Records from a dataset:
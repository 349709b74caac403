//! Rewrapping from the drill block to a pair that leaves each block as it is. Under this pair a
//! wrapping of two words is worked by hand: the first word is the initial value xored with 12, which
//! is 1 xor 2 .. xor 12, and the others are the key.

use super::doubles::Unchanged;
use super::rows::{CHANGED, EIGHT, NINE, PADDED, PADDING, PLAIN, SEVEN, spelled};
use block_pair::{Meter, SwapHalves};
use key_wrap_core::*;
use std::test::Fail;

// The wrappings of the same keys under the other pair.
const NEW_PLAIN: [u64; 3] = [
    0xA6A6_A6A6_A6A6_A6AA,
    0x0011_2233_4455_6677,
    0x8899_AABB_CCDD_EEFF,
];

const NEW_PADDED: [u64; 3] = [
    0xA659_59A6_0000_001C,
    0x0011_2233_4455_6677,
    0x8899_AABB_CCDD_EEFF,
];

const NEW_NINE: [u64; 3] = [
    0xA659_59A6_0000_0005,
    0x1122_3344_5566_7788,
    0x9900_0000_0000_0000,
];

const NEW_SEVEN: [u64; 2] = [0xA659_59A6_0000_0007, 0x466F_7250_6173_6900];

// A result.
type Answer = Result<Rewrapped, Refusal>;

const FRESH: Answer = Ok(Rewrapped::Fresh);

const NEW: Answer = Ok(Rewrapped::AlreadyNew);

const BAD_LENGTH: Answer = Err(Refusal::BadLength);

const NONE: Answer = Err(Refusal::Integrity);

const NOT_PLAIN: Answer = Err(Refusal::KeyNotPlain);

// From one form to another.
const PLAIN_TO_PLAIN: Option<(Form, Form)> = Some((Form::Plain, Form::Plain));

const TO_PADDED: Option<(Form, Form)> = Some((Form::Plain, Form::Padded));

const TO_PLAIN: Option<(Form, Form)> = Some((Form::Padded, Form::Plain));

const PADDED_TO_PADDED: Option<(Form, Form)> = Some((Form::Padded, Form::Padded));

// The old form and the new, or `None` to keep the form; whether new ones pass; the words before; the
// result; and the words after.
const ROWS: [(Option<(Form, Form)>, bool, &[u64], Answer, &[u64]); 30] = [
    (PLAIN_TO_PLAIN, false, &PLAIN, FRESH, &NEW_PLAIN),
    (TO_PADDED, false, &PLAIN, FRESH, &NEW_PADDED),
    (TO_PLAIN, false, &PADDED, FRESH, &NEW_PLAIN),
    (PADDED_TO_PADDED, false, &PADDED, FRESH, &NEW_PADDED),
    (PADDED_TO_PADDED, false, &NINE, FRESH, &NEW_NINE),
    (PADDED_TO_PADDED, true, &SEVEN, FRESH, &NEW_SEVEN),
    (None, false, &PLAIN, FRESH, &NEW_PLAIN),
    (None, false, &PADDED, FRESH, &NEW_PADDED),
    (None, true, &SEVEN, FRESH, &NEW_SEVEN),
    // under the new pair already
    (TO_PADDED, true, &NEW_PADDED, NEW, &NEW_PADDED),
    (TO_PLAIN, true, &NEW_PLAIN, NEW, &NEW_PLAIN),
    (None, true, &NEW_PLAIN, NEW, &NEW_PLAIN),
    (None, true, &NEW_SEVEN, NEW, &NEW_SEVEN),
    (None, false, &NEW_SEVEN, NONE, &NEW_SEVEN),
    (TO_PADDED, false, &NEW_PADDED, NONE, &NEW_PADDED),
    // but in the old form
    (TO_PADDED, true, &NEW_PLAIN, NONE, &NEW_PLAIN),
    (TO_PLAIN, true, &NEW_PADDED, NONE, &NEW_PADDED),
    // a length that only the padded form has
    (TO_PADDED, false, &SEVEN, BAD_LENGTH, &SEVEN),
    (TO_PADDED, true, &SEVEN, BAD_LENGTH, &SEVEN),
    (TO_PADDED, true, &NEW_SEVEN, NEW, &NEW_SEVEN),
    (TO_PLAIN, true, &NEW_SEVEN, NONE, &NEW_SEVEN),
    // a key that no plain key can be
    (TO_PLAIN, false, &NINE, NOT_PLAIN, &NINE),
    (TO_PLAIN, true, &NINE, NOT_PLAIN, &NINE),
    (TO_PLAIN, true, &EIGHT, NOT_PLAIN, &EIGHT),
    // another form, and no wrapping
    (PLAIN_TO_PLAIN, true, &NINE, NONE, &NINE),
    (PADDED_TO_PADDED, false, &PLAIN, NONE, &PLAIN),
    (TO_PADDED, true, &CHANGED, NONE, &CHANGED),
    (TO_PLAIN, false, &PADDING, NONE, &PADDING),
    (None, true, &CHANGED, NONE, &CHANGED),
    (None, false, &PADDING, NONE, &PADDING),
];

fn forms_of(forms: Option<(Form, Form)>) -> RewrapForms {
    match forms {
        None => RewrapForms::Kept,
        Some((old, new)) => RewrapForms::by_default(old, new),
    }
}

#[test]
fn rewraps_or_leaves_the_buffer(rt: HostRuntime) -> Result<(), Fail> {
    for (forms, pass_new, words, want, after) in ROWS {
        let (mut old, mut new) = (Meter::new(&SwapHalves), Meter::new(&Unchanged));
        let mut buffer = spelled(rt.alloc(), words)?;
        let after = spelled(rt.alloc(), after)?;
        let answer = rewrap(&mut old, &mut new, &forms_of(forms), pass_new, &mut buffer);
        assert!(rt; answer == want && buffer == after, "{words:?}");
    }
    Ok(())
}

// The same pair on both sides: from a form to itself the text stays, and is fresh.
#[test]
fn rewraps_under_one_pair(rt: HostRuntime) -> Result<(), Fail> {
    for (forms, words) in [(None, PLAIN), (None, NINE), (PLAIN_TO_PLAIN, PLAIN)] {
        let (mut old, mut new) = (Meter::new(&SwapHalves), Meter::new(&SwapHalves));
        let text = spelled(rt.alloc(), &words)?;
        let mut buffer = spelled(rt.alloc(), &words)?;
        let answer = rewrap(&mut old, &mut new, &forms_of(forms), true, &mut buffer);
        assert!(rt; answer == FRESH && buffer == text, "{words:?}");
    }
    Ok(())
}

// No form has this length.
#[test]
fn refuses_half_a_word(rt: HostRuntime) {
    for forms in [None, PLAIN_TO_PLAIN, TO_PADDED, TO_PLAIN, PADDED_TO_PADDED] {
        let (mut old, mut new) = (Meter::new(&SwapHalves), Meter::new(&Unchanged));
        let mut buffer = [0x5A; 20];
        let answer = rewrap(&mut old, &mut new, &forms_of(forms), true, &mut buffer);
        assert!(rt; answer == BAD_LENGTH && buffer == [0x5A; 20]);
        assert!(rt; old.count() == 0 && new.count() == 0);
    }
}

Brief: Going down from the first line of the entries above, restate each line word for word until the line holding "use super::doubles::Unchanged;" is done.

Reply:
repository 349709b74caac403
//! Rewrapping from the drill block to a pair that leaves each block as it is. Under this pair a
//! wrapping of two words is worked by hand: the first word is the initial value xored with 12, which
//! is 1 xor 2 .. xor 12, and the others are the key.

use super::doubles::Unchanged;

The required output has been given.